One of the reasons that Racket works so well for studying languages is that symbols and lists are two of its primary data types. In any language, once you move past the surface syntax, a program can be thought of as a tree of symbols and values. Trees are easily represented as lists of lists in Racket, and symbols are first-order values.

Finally, as we will learn soon, programs are recursively defined data structures, and using a functional programming style exposes this in the interpreters we write. Even more, functional programming takes advantage of the recursive nature of programs to produce small, simple, and relatively easy to understand interpreters.

What can Racket do as a programming language?
Anything that any other "general-purpose" language can do.

This is true in a theoretical sense, because Racket — and even Scheme — is "universal": any computable function can be computed in it.

But Racket is universal in a practical sense, too. People use Racket to write business data processing software, network control software, AI programs, and even computer games.
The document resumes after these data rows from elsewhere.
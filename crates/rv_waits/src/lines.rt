ghost use Rattle.std.specs.Prelude.{◌≡◌, ◌<◌, ◌≤◌, [], ◌∷◌, ◌++◌, length, OnOk, OnErr};
ghost use Rattle.rv_waits.specs.Lines.{most_lines, rows_end, next_row, is_raised as specified_is_raised};

use ix_bits::{List, Memory};
use std::alloc::Global;
use std::marker::Model;

/// The rows in which an interrupt line is raised, by their numbers, each above the one before and below 200,000: at most 4,096 of them.
/// Contracts see the list of the numbers.
#[derive(Debug, Drop)]
pub struct Lines {
    list: List<u32>,
}

impl Model for Lines {
    ghost use Rattle.std.specs.Prelude.{List, ℕ, ◌≤◌, length};
    ghost use Rattle.rv_waits.specs.Lines.{most_lines, Ascending};

    ghost Value = { List ℕ };

    ghost view = { λ lines. lines.list };

    ghost invariant = { λ lines. (length lines.list ≤ most_lines) × Ascending 0 lines.list };
}

impl Lines {
    /// The greatest count of numbers.
    pub const MOST: usize = 4_096;

    /// The numbers are below this one.
    pub const END: u32 = 200_000;

    /// A line that is never raised. It takes no memory.
    pub fn new(alloc: Global) -> Lines
        ensures { result ≡ [] }
    {
        Lines {
            list: List::new(alloc),
        }
    }

    /// Puts one more row behind the last one, where there is room. Without memory the lines stay as they were.
    pub fn push(&mut self, row: u32) -> Result<(), Memory>
        requires room { length self.old < most_lines }
        requires above { next_row self.old ≤ row }
        requires below { row < rows_end }
        ensures ok { OnOk result (self.new ≡ self.old ++ row ∷ []) }
        ensures err { OnErr result (self.new ≡ self.old) }
    {
        self.list.push(row)
    }

    /// The count of numbers, at most 4,096.
    pub fn len(&self) -> u32
        ensures value { result ≡ length self.now }
        ensures most { result ≤ most_lines }
    {
        self.list.len() as u32
    }

    /// The least row that may come behind the last one: 0 at first, at most 200,000.
    pub fn next(&self) -> u32
        ensures value { result ≡ next_row self.now }
        ensures most { result ≤ rows_end }
    {
        match self.list.as_slice().last() {
            None => 0,
            Some(row) => *row + 1,
        }
    }

    /// Whether the line is raised in the row of this number. Takes no memory.
    pub fn is_raised(&self, row: u32) -> bool
        ensures { result ≡ specified_is_raised self.now row }
    {
        self.list.as_slice().binary_search(&row).is_ok()
    }
}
The Racket team eats its own dog food: Racket and all of its tools, including Dr. Racket, are written in Racket, even the web server that supports https://racket-lang.org/.

Of course, like any language, it is better suited for some tasks than for others. Of course, the beauty of Racket is that you can extend it to include any feature that you want, or you can rather easily write an interpreter for a more suitable task-specific language. That is The Racket Way.

Is Scheme used for any "real world" programming?
Yes, there are deployed, operational, "real" Scheme programs working out in the world.
  • Several virtual rides at Disney World are controlled by programs written in Chez Scheme, which is the compiler that powers Racket.
  • Boeing and the U.S. Air Force use Racket programs to control large, expensive telescope arrays.
But. If your question is meant to imply that use in "real" applications is necessary before you consider the language worthy of the effort to learn, then my tongue-in-cheek answer becomes, "I don't care". Not every language or skill you learn is directly applicable to your job tomorrow. Our goal at the university is for you to learn ideas that last for a while. No one can predict with any certainty what language — or even kind of language — you will be using in two, five, or ten, years. But I can tell you what principles will underlie their design, implementation, and use.

Learning Racket will help you to learn those principles. It will also help you to learn functional languages, and languages with functional features, more easily later. Practice learning a new language is worth the effort if only because it makes learning the next one easier! (Of course, if none of the tools and languages that you learn as an undergraduate are used in the "real world", then you may have cause to complain...)

Then again, if you believe Paul Graham, you should be using Racket or some other Lisp precisely because it is the most powerful language around.

Why have I never heard of Racket or Scheme before? Will it last?
You have lived a short life. Appreciate the opportunity to see the beauty of Racket before heading off into a world filled with Curly Brace People.

Racket forked Scheme. Scheme forked Lisp. Lisp dates to 1958. The first compiler was written in 1962. Scheme dates to the fall of 1975. The code and tool base of Racket date to the mid-1990s. Lisp evolves and survives.